Our ingrained activism, this drive to be productive, is one thing that keeps us from communion, but it may that our activism sometimes serves as a mask for a deeper problem. We are talking about time with our Lord, an attitude of docility and receptivity and joy in his Presence. There is no greater privilege; there should be no greater joy! We can think of Adam and Eve, rejoicing in their Creator’s fellowship when he walked in the garden in the cool of the day. But then things changed. They sinned, rebelled, and when God came, they hid.

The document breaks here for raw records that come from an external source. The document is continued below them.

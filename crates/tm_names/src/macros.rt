//! The names of a macro.
ghost use Rattle.std.specs.BTreeSet.{keys};
ghost use Rattle.std.specs.Prelude.{◌≡◌, [], ◌∷◌, OnOk, IfOk, codes, map};
ghost use Rattle.std.specs.String.{string_bytes};
ghost use Rattle.tm_syntax.specs.Names.{free_names, is_among, parameter_names, takes_caller};
ghost use Rattle.tm_syntax.specs.Names.{walk_condition, walk_parameters, without};
ghost use Rattle.tm_trees.specs.Trees.{statements};

use crate::walker::Walker;
use std::alloc::{AllocError, Global};
use std::collections::BTreeSet;
use tm_items::{Boxed, Items};
use tm_syntax::{Expr, Name, Parameter, Stmt};

/// The names that a macro reads.
#[derive(Drop)]
pub struct MacroNames {
    /// The names in its closure, in order.
    pub free: Items<Name>,
    /// Whether it takes `caller`.
    pub takes_caller: bool,
}

/// The names that a macro with these parameters and this body reads. AllocError if memory runs out.
pub fn macro_names(
    alloc: Global,
    parameters: &[Parameter],
    body: &[Stmt],
) -> Result<MacroNames, AllocError>
    ensures free { IfOk result
        (λ names. names.free ≡ free_names parameters.now (statements body.now)) }
    ensures caller { IfOk result
        (λ names. names.takes_caller ≡ takes_caller parameters.now (statements body.now)) }
{
    let mut walker = Walker::new(alloc)?;
    walker.walk_parameters(false, parameters)?;
    walker.walk_all(false, body)?;
    let takes_caller = walker.reads("caller") || has_parameter(parameters, "caller");
    let free = names_without(alloc, &walker.into_found(), "caller")?;
    Ok(MacroNames { free, takes_caller })
}

/// Whether a parameter has this name.
fn has_parameter(parameters: &[Parameter], name: &str) -> bool
    ensures { result ≡ is_among name.now (parameter_names parameters.now) }
{
    for parameter in parameters {
        if parameter.name.is(name) {
            return true;
        }
    }
    false
}

/// The names except `left_out`, in order. AllocError if memory runs out.
fn names_without(
    alloc: Global,
    found: &BTreeSet<String>,
    left_out: &str,
) -> Result<Items<Name>, AllocError>
    ensures { IfOk result
        (λ names. names ≡ without left_out.now (map string_bytes (keys found.now))) }
{
    let mut names = Items::new(alloc);
    for text in found.iter() {
        let text = text.as_str();
        if text != left_out {
            names.push(Name::new(alloc, text)?)?;
        }
    }
    Ok(names)
}

impl Walker {
    /// Walks parameters, each before its default. AllocError if memory runs out.
    pub(crate) fn walk_parameters(
        &mut self,
        nested: bool,
        parameters: &[Parameter],
    ) -> Result<(), AllocError>
        ensures { OnOk result
            (self.new ≡ walk_parameters nested parameters.now self.old) }
    {
        for parameter in parameters {
            self.assign(parameter.name.share()?)?;
            self.walk_condition(nested, &parameter.default)?;
        }
        Ok(())
    }

    /// Walks an expression, if there is one. AllocError if memory runs out.
    pub(crate) fn walk_condition(
        &mut self,
        nested: bool,
        condition: &Option<Boxed<Expr>>,
    ) -> Result<(), AllocError>
        ensures { OnOk result (self.new ≡ walk_condition nested condition.now self.old) }
    {
        match condition {
            Some(condition) => self.walk_expr(nested, condition.get()),
            None => Ok(()),
        }
    }
}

Out here, east of Eden, his Presence can be uncomfortable, can’t it? Our Lord still comes among us, but Jesus is a man to be reckoned with. In his light, we see ourselves more clearly, and perhaps we’d rather just dim the light, make like Adam and Eve and hide ourselves in the bushes of our activity. There are things we’d prefer to keep in the dark. So activism, just the general frenetic running to and fro of our daily lives in the world, or even – maybe especially – the busy-ness of good works and service – becomes a kind of cover, a strategy of avoidance of the very One that, like Martha, we are meant to be serving.

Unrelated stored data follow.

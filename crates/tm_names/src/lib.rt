//! The names that a tree reads.
#![tactic(auto, using(tm_syntax::proofs::Forms::boxes, crate::proofs::Forms::forms))]

mod chains;
mod expressions;
mod macros;
mod statements;
mod targets;
mod walker;

pub use macros::{MacroNames, macro_names};
pub use statements::undeclared;
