//! Names with the attributes after them.
ghost use Rattle.std.specs.Option.{option_copied};
ghost use Rattle.std.specs.Prelude.{◌≡◌, [], ◌∷◌, IfOk, OnOk};
ghost use Rattle.std.specs.String.{string_bytes};
ghost use Rattle.tm_syntax.specs.Names.{attribute_of, dot, dotted};
ghost use Rattle.tm_syntax.specs.Names.{is_method, method_of, name_of, with_member};
ghost use Rattle.tm_trees.specs.Trees.{steps};

use std::alloc::{AllocError, Global};
use tm_syntax::{Application, Expr, Name, Step};

/// The name, if the expression is one.
pub(crate) fn name_of(expr: &Expr) -> Option<&Name>
    ensures { option_copied result ≡ name_of expr.now }
{
    match expr {
        Expr::Var(name) => Some(name),
        Expr::Const(_)
        | Expr::List(_)
        | Expr::Tuple(_)
        | Expr::Map(_)
        | Expr::Call(_, _, _)
        | Expr::SelfBlock(_)
        | Expr::Unary(_, _)
        | Expr::Chain(_, _)
        | Expr::Conditional(_, _) => None,
    }
}

/// The name, if the step is an attribute.
fn attribute_of(step: &Step) -> Option<&Name>
    ensures { option_copied result ≡ attribute_of step.now }
{
    match step {
        Step::Attribute(name) => Some(name),
        Step::Item(_)
        | Step::Apply(_, _, _, _)
        | Step::Call(_, _)
        | Step::Slice(_, _, _)
        | Step::Binary(_, _)
        | Step::Compare(_, _, _)
        | Step::And(_)
        | Step::Or(_) => None,
    }
}

/// Whether a step calls a method.
fn is_method(application: Application) -> bool
    ensures { result ≡ is_method application }
{
    match application {
        Application::Method => true,
        Application::Filter | Application::Test | Application::NegatedTest => false,
    }
}

/// The name, if the step is a method.
fn method_of(step: &Step) -> Option<&Name>
    ensures { option_copied result ≡ method_of step.now }
{
    match step {
        Step::Apply(application, name, _, _) => {
            if is_method(*application) {
                Some(name)
            } else {
                None
            }
        }
        Step::Attribute(_)
        | Step::Item(_)
        | Step::Call(_, _)
        | Step::Slice(_, _, _)
        | Step::Binary(_, _)
        | Step::Compare(_, _, _)
        | Step::And(_)
        | Step::Or(_) => None,
    }
}

/// Appends an attribute to a text. AllocError if memory runs out.
fn push_member(text: &mut String, member: &Name) -> Result<(), AllocError>
    ensures { OnOk result (string_bytes text.new ≡ dot (string_bytes text.old) member.now) }
{
    text.push_str(".")?;
    text.push_str(member.as_str())
}

/// Appends a method to a text; nothing for another step. AllocError if memory runs out.
fn push_last(text: &mut String, step: &Step) -> Result<(), AllocError>
    ensures { OnOk result
        (string_bytes text.new ≡ with_member (method_of step.now) (string_bytes text.old)) }
{
    match method_of(step) {
        Some(member) => push_member(text, member),
        None => Ok(()),
    }
}

/// A name with the attributes directly after it, and a method directly after these. AllocError if
/// memory runs out.
pub(crate) fn dotted(alloc: Global, name: &Name, after: &[Step]) -> Result<String, AllocError>
    ensures { IfOk result (λ text. string_bytes text ≡ dotted name.now (steps after.now)) }
{
    let mut text = String::from_str(alloc, name.as_str())?;
    for step in after {
        match attribute_of(step) {
            Some(member) => push_member(&mut text, member)?,
            None => {
                push_last(&mut text, step)?;
                return Ok(text);
            }
        }
    }
    Ok(text)
}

But that light that shines so brightly is the light of his love – his seeking, desiring, healing love. You know, earlier this week when I read over the lessons for this morning, it occurred to me that I have always thought of the tragedy of this encounter as being that in her busy-ness, in her inability to let the merely important things slide in order to not lose the essential, Martha robbed herself of time with Jesus. And that’s true enough and tragic enough, but it works the other way, too. In her busy-ness, she robbed her Lord – he wanted to be with her, desired her fellowship and presence, to be with her, just as he did with Mary and Lazarus and Simon the Leper and all the usual crowd at the house in Bethany.

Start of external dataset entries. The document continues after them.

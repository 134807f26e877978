// The row list: at each row the id that lookup sends there. That rows and marks have room stays a clause of each step: of a struct with them each promise would also
// have to say that its slices are the same ones.
#![tactic(auto)]

ghost use Rattle.std.specs.Prelude.{◌≡◌, ◌≤◌, ◌<◌, length, MatchOption, IfSome};
ghost use Rattle.std.proofs.Math.Option.{none, some};
ghost use Rattle.laws.specs.Bits.{words_for};
ghost use Rattle.refusal.specs.Answers.{made};
ghost use Rattle.rows.specs.Rows.{row_stores, rows_by, rows_call};
ghost use Rattle.rows.specs.Passes.{row_by, Unmarked, Marked, Checked, with_id, with_ids};

use finding::Index;
use head::Head;
use refusal::Refusal;
use words::{add_bit, fill, u64s};

// Lists the ids at their rows. The marks are to work in.
#[tactic(auto, using(head::proofs::Fits::fit_known, crate::proofs::RowCalls::call_refused))]
pub fn rows(
    head: &Head,
    words: &[u64],
    samples: &[u64],
    ids: &[u64],
    rows: &mut [u64],
    marks: &mut [u64],
) -> Result<(), Refusal>
    ensures { made result (row_stores rows.new marks.new)
        ≡ rows_call head.now words.now samples.now ids.now rows.old marks.old }
{
    let index = Index::of(head, words, samples)?;
    if (rows.len() as u64) < head.count || (marks.len() as u64) < u64s(head.count) {
        return Err(Refusal::ShortOutput);
    }
    list_rows(&index, ids, rows, marks)
}

// The same, in stores that are long enough: no row is written before it is known that the ids fill the rows one for one.
#[tactic(auto, using(head::proofs::Fits::fit_known))]
fn list_rows(index: &Index, ids: &[u64], rows: &mut [u64], marks: &mut [u64]) -> Result<(), Refusal>
    requires rows_fit { index.now.head.now.count ≤ length rows.old }
    requires marks_fit { words_for index.now.head.now.count ≤ length marks.old }
    ensures { made result (row_stores rows.new marks.new)
        ≡ rows_by (row_by index.now) index.now.head.now.count ids.now rows.old marks.old }
{
    let need = u64s(index.head.count) as usize;
    fill(marks, need, 0);
    if ids.len() as u64 != index.head.count {
        return Err(Refusal::WrongIds);
    }
    let apart = are_apart(index, ids, marks);
    fill(marks, need, 0);
    if !apart {
        return Err(Refusal::WrongIds);
    }
    write_rows(index, ids, rows);
    Ok(())
}

// Whether every id has a row and no two share one, by marks that are clear at first. A `for`, not `all`: of a closure that changes the marks no proof knows what it
// answered.
fn are_apart(index: &Index, ids: &[u64], marks: &mut [u64]) -> bool
    requires marks_fit { words_for index.now.head.now.count ≤ length marks.old }
    requires unmarked { Unmarked index.now.head.now.count marks.old }
    ensures { Checked (row_by index.now) ids.now index.now.head.now.count marks.old result marks.new }
{
    for &id in ids {
        if !mark_row(index, id, marks) {
            return false;
        }
    }
    true
}

// Marks the id's row; whether there is one and it was not marked before.
fn mark_row(index: &Index, id: u64, marks: &mut [u64]) -> bool
    requires { words_for index.now.head.now.count ≤ length marks.old }
    ensures { Marked (row_by index.now id) marks.old result marks.new }
{
    match row_of(index, id) {
        Some(row) => !add_bit(marks, row),
        None => false,
    }
}

// Writes each id at its row.
#[tactic(auto, using(crate::proofs::Lists::writes_more, crate::proofs::Lists::writes_done))]
fn write_rows(index: &Index, ids: &[u64], rows: &mut [u64])
    requires { index.now.head.now.count ≤ length rows.old }
    ensures { rows.new ≡ with_ids (row_by index.now) ids.now rows.old }
{
    for &id in ids {
        write_row(index, id, rows);
    }
}

// Writes the id at its row, if it has one.
fn write_row(index: &Index, id: u64, rows: &mut [u64])
    requires { index.now.head.now.count ≤ length rows.old }
    ensures { rows.new ≡ with_id (row_by index.now id) id rows.old }
{
    if let Some(row) = row_of(index, id) {
        rows[row as usize] = id;
    }
}

// The id's row, if it has one.
#[tactic(auto, unfolding(crate::specs::Passes::row_by), using(finding::proofs::Told::told_below))]
fn row_of(index: &Index, id: u64) -> Option<u64>
    ensures row { MatchOption result (row_by index.now id ≡ none) (λ row. row_by index.now id ≡ some row) }
    ensures below { IfSome result (λ row. row < index.now.head.now.count) }
{
    match index.find(id) {
        Ok(Some(place)) => Some(place.row),
        _ => None,
    }
}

And, in the same way, hard as it is sometimes to believe, he desires us. He’s dying to be with us. In the silence of prayer, on the Altar where he gives himself to us Body, Blood, Soul, and Divinity. He holds nothing back. And as for those things we are ashamed of, that keep us on some trajectory of avoidance – well, he already knows, and still he loves, and calls us to the confessional for honesty, reconciliation, healing, and ever deeper Communion.
And Presence. The Lord among us. It is not wasted time. It is life. It – He – is the one thing needful; He himself is the better part that will not be taken away. So come, let us adore him.